* How to complete this task *
Return, exactly and in full, the lines of the records below starting at the one with "are damaged so." and ending at the one with "copy_areas(alloc, host, &mut", and no other lines.

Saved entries
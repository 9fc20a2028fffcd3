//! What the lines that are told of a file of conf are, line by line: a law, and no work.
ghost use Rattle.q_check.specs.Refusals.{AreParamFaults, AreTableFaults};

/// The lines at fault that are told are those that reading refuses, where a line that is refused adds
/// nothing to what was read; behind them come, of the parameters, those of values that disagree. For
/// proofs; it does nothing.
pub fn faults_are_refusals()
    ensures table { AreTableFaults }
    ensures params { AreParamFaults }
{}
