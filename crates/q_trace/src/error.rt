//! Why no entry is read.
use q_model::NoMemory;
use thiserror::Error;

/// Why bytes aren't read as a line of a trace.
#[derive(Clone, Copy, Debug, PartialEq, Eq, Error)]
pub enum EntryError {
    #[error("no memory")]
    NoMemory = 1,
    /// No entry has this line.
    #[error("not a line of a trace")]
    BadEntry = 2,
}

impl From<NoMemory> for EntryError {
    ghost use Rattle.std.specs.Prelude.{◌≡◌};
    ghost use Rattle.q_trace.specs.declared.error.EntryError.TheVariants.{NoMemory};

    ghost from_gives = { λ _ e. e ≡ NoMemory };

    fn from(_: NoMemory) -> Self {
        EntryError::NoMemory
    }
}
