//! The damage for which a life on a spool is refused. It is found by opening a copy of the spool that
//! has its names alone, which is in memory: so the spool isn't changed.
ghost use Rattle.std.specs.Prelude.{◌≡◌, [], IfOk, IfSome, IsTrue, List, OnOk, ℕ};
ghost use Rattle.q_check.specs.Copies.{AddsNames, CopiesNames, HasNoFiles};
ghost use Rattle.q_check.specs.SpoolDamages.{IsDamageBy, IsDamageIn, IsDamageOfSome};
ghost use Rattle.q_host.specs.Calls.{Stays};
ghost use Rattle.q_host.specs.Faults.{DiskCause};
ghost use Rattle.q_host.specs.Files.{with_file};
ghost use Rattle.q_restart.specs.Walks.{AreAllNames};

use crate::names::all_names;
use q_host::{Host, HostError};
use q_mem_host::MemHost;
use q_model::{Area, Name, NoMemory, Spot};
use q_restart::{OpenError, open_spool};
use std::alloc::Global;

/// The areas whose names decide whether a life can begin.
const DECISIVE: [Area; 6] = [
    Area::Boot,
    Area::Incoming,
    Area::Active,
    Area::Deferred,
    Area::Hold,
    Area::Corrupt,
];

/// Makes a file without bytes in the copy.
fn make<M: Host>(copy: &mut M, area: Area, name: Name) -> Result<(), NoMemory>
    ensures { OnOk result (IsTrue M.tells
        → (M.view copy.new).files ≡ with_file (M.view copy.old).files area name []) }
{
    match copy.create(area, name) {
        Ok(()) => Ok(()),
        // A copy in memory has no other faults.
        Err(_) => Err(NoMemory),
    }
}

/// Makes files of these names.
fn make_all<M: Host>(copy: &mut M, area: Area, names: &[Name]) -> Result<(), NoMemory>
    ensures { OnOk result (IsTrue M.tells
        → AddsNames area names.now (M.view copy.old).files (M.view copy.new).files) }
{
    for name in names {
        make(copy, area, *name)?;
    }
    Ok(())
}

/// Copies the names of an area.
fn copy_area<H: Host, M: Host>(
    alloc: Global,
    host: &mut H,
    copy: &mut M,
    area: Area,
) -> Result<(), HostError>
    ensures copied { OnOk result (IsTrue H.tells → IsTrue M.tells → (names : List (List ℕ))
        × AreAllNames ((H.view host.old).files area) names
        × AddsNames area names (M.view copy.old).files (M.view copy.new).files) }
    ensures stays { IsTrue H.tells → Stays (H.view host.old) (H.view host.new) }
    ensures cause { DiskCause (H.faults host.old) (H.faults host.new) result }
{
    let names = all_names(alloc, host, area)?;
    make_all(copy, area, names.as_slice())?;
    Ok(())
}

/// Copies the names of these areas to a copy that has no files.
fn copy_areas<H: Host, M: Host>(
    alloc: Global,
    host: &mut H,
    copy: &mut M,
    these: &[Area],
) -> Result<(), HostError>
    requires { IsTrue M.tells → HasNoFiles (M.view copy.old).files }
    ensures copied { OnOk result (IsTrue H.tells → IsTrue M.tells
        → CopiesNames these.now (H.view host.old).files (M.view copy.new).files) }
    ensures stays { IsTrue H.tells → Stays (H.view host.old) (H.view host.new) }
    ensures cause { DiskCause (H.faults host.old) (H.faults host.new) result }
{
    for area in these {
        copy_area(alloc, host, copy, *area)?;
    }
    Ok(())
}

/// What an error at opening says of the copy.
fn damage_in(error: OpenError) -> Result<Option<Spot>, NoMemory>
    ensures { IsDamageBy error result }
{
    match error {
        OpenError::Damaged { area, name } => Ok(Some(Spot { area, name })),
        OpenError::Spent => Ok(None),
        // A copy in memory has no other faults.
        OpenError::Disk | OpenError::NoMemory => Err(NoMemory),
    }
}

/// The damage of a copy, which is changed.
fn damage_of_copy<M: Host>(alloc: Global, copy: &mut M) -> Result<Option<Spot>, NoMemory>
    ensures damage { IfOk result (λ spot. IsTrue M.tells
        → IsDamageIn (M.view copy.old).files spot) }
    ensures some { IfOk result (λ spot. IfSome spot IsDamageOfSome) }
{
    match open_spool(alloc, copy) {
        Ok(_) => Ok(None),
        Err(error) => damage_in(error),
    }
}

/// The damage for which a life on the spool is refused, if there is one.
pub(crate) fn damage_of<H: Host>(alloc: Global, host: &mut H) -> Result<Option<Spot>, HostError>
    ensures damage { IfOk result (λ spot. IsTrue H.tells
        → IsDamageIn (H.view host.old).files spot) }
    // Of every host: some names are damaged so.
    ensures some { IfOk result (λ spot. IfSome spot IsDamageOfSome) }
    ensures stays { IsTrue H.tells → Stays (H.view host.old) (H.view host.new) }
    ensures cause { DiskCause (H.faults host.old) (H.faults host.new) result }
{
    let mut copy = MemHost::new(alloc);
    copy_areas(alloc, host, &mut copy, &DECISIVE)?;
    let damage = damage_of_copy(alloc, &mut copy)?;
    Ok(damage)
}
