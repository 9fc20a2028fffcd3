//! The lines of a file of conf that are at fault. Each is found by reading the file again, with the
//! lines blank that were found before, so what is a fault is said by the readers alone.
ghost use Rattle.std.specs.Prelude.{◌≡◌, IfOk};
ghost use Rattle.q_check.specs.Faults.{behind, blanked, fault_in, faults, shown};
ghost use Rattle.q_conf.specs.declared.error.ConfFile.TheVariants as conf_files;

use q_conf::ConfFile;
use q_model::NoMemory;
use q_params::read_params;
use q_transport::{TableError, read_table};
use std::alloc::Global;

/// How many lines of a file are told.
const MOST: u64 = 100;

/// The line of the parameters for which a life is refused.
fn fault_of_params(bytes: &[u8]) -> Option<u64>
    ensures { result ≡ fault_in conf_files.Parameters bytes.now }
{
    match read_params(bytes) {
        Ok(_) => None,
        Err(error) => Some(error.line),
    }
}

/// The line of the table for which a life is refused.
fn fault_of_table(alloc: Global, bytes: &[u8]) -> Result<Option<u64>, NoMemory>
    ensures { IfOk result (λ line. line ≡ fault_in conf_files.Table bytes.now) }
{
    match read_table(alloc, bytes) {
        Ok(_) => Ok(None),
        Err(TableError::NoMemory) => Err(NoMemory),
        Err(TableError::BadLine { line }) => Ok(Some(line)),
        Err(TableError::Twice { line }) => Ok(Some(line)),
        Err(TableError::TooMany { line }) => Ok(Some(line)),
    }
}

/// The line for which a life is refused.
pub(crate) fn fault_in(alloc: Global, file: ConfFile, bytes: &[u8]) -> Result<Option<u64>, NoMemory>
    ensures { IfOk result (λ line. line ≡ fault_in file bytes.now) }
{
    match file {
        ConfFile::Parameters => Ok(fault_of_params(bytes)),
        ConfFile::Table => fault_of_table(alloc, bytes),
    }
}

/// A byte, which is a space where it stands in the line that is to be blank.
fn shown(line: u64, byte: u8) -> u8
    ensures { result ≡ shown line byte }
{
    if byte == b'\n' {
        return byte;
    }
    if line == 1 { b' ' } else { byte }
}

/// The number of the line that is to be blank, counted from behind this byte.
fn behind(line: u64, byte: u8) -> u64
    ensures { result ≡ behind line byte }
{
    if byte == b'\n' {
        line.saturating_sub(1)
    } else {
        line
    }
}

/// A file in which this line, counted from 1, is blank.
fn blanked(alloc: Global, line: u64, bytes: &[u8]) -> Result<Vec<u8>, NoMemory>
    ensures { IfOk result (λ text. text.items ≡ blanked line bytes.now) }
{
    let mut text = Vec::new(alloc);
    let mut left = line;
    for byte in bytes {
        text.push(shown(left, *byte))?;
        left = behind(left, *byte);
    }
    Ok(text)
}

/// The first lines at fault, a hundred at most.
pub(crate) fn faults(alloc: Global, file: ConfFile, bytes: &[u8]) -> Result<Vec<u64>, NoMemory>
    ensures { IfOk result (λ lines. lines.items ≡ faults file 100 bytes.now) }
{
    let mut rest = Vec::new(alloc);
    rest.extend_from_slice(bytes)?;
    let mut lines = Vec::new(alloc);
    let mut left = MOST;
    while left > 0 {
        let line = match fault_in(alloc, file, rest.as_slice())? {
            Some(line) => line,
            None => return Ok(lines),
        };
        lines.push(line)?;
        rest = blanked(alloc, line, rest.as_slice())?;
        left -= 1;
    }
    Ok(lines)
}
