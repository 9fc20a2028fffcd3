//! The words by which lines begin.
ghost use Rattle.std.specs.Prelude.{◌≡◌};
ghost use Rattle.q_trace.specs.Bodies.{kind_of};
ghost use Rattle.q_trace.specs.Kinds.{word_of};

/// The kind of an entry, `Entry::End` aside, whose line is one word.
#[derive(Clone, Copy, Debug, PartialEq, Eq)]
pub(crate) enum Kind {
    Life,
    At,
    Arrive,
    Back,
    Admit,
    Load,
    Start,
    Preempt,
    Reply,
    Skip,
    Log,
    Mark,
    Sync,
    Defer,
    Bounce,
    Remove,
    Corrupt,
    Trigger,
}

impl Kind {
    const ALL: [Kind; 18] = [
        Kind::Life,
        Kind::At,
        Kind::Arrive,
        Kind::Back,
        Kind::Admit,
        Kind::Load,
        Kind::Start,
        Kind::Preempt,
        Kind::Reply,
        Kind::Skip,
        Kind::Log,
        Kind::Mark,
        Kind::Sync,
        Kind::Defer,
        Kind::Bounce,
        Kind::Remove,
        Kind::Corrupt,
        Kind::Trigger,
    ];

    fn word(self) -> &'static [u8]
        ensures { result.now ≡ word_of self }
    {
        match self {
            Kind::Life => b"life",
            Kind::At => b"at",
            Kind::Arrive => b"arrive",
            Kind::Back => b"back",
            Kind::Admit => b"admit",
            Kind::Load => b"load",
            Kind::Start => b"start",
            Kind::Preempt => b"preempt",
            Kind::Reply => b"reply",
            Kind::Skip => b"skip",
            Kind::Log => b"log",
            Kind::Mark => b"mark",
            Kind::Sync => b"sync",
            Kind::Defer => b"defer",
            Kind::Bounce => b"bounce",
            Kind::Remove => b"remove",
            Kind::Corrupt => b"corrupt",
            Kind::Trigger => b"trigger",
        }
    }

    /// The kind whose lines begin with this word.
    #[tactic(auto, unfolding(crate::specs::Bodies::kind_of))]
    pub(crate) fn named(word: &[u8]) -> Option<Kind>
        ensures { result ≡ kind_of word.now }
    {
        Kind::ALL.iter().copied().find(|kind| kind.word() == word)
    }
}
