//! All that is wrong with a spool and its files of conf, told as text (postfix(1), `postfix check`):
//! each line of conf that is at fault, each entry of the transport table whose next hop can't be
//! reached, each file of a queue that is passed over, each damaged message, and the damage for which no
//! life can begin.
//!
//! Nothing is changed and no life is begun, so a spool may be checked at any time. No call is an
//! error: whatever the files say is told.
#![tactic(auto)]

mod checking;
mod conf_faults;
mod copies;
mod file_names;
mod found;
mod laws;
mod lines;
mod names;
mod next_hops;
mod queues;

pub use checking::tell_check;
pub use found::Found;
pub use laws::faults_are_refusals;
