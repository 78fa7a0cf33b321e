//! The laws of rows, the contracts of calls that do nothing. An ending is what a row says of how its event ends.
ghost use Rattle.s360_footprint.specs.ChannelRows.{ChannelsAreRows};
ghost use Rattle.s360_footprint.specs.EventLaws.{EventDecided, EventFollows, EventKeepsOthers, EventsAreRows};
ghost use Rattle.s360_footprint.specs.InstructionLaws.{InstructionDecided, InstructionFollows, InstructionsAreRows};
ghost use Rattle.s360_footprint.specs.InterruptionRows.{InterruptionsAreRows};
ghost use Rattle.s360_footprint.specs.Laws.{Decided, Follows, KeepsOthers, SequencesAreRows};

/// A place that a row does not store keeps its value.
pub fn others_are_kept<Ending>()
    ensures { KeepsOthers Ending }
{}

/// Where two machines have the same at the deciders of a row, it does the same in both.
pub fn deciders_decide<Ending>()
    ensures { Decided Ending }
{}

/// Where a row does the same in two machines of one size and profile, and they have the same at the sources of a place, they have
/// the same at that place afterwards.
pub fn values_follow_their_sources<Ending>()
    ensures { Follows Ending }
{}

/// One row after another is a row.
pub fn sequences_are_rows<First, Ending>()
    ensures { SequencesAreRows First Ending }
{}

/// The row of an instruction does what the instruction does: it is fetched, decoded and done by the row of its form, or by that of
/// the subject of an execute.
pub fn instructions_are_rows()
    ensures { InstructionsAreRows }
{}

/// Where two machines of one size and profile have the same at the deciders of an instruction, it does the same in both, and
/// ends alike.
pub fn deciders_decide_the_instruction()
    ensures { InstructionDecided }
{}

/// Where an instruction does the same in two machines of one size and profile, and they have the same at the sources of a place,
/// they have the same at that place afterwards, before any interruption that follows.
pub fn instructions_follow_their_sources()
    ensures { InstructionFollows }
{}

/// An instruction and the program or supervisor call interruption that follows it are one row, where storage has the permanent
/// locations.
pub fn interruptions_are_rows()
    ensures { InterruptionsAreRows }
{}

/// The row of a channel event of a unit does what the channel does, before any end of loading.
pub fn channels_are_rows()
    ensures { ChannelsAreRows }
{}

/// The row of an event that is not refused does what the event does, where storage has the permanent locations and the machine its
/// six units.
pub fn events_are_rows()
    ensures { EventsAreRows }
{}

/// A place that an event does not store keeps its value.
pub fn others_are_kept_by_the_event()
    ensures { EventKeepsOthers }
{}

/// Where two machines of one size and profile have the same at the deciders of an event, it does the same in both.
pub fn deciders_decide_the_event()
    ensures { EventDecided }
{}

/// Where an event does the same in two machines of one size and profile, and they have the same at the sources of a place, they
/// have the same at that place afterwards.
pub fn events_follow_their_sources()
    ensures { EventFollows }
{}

* Solution to this exercise *
    // Of every host: some names are damaged so.
    ensures some { IfOk result (λ spot. IfSome spot IsDamageOfSome) }
    ensures stays { IsTrue H.tells → Stays (H.view host.old) (H.view host.new) }
    ensures cause { DiskCause (H.faults host.old) (H.faults host.new) result }
{
    let mut copy = MemHost::new(alloc);
    copy_areas(alloc, host, &mut copy, &DECISIVE)?;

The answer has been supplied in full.